* [Task to carry out]:
Below is a set of entries; give all of them again exactly.

Data records:
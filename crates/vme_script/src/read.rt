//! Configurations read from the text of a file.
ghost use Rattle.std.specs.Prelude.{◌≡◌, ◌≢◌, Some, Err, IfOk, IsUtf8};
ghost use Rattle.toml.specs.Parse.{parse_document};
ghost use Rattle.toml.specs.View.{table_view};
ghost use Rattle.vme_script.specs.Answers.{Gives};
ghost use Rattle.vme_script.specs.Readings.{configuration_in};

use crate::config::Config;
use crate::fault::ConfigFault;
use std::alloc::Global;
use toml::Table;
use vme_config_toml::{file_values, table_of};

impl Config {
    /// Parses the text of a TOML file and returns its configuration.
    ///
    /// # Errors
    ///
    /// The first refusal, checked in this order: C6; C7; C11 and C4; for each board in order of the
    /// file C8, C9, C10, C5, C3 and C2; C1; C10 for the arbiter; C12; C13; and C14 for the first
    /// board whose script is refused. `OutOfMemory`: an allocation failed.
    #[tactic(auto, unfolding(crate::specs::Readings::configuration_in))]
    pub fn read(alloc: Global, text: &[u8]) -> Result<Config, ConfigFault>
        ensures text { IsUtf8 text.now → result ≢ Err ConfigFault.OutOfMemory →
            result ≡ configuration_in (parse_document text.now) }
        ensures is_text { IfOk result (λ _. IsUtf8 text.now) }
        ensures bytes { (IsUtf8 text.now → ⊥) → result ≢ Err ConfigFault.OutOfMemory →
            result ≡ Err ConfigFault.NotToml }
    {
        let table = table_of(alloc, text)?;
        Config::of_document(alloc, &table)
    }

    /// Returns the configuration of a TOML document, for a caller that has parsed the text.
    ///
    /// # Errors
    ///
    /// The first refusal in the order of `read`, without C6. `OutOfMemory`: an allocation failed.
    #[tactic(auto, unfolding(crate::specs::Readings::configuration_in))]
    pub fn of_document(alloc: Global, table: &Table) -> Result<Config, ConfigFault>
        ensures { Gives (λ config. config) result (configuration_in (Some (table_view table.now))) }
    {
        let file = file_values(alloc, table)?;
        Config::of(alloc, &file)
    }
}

* [Output for this task]:
filename crates/vme_script/src/read.rt
//! Configurations read from the text of a file.
ghost use Rattle.std.specs.Prelude.{◌≡◌, ◌≢◌, Some, Err, IfOk, IsUtf8};
ghost use Rattle.toml.specs.Parse.{parse_document};
ghost use Rattle.toml.specs.View.{table_view};
ghost use Rattle.vme_script.specs.Answers.{Gives};
ghost use Rattle.vme_script.specs.Readings.{configuration_in};

use crate::config::Config;
use crate::fault::ConfigFault;
use std::alloc::Global;
use toml::Table;
use vme_config_toml::{file_values, table_of};

impl Config {
    /// Parses the text of a TOML file and returns its configuration.
    ///
    /// # Errors
    ///
    /// The first refusal, checked in this order: C6; C7; C11 and C4; for each board in order of the
    /// file C8, C9, C10, C5, C3 and C2; C1; C10 for the arbiter; C12; C13; and C14 for the first
    /// board whose script is refused. `OutOfMemory`: an allocation failed.
    #[tactic(auto, unfolding(crate::specs::Readings::configuration_in))]
    pub fn read(alloc: Global, text: &[u8]) -> Result<Config, ConfigFault>
        ensures text { IsUtf8 text.now → result ≢ Err ConfigFault.OutOfMemory →
            result ≡ configuration_in (parse_document text.now) }
        ensures is_text { IfOk result (λ _. IsUtf8 text.now) }
        ensures bytes { (IsUtf8 text.now → ⊥) → result ≢ Err ConfigFault.OutOfMemory →
            result ≡ Err ConfigFault.NotToml }
    {
        let table = table_of(alloc, text)?;
        Config::of_document(alloc, &table)
    }

    /// Returns the configuration of a TOML document, for a caller that has parsed the text.
    ///
    /// # Errors
    ///
    /// The first refusal in the order of `read`, without C6. `OutOfMemory`: an allocation failed.
    #[tactic(auto, unfolding(crate::specs::Readings::configuration_in))]
    pub fn of_document(alloc: Global, table: &Table) -> Result<Config, ConfigFault>
        ensures { Gives (λ config. config) result (configuration_in (Some (table_view table.now))) }
    {
        let file = file_values(alloc, table)?;
        Config::of(alloc, &file)
    }
}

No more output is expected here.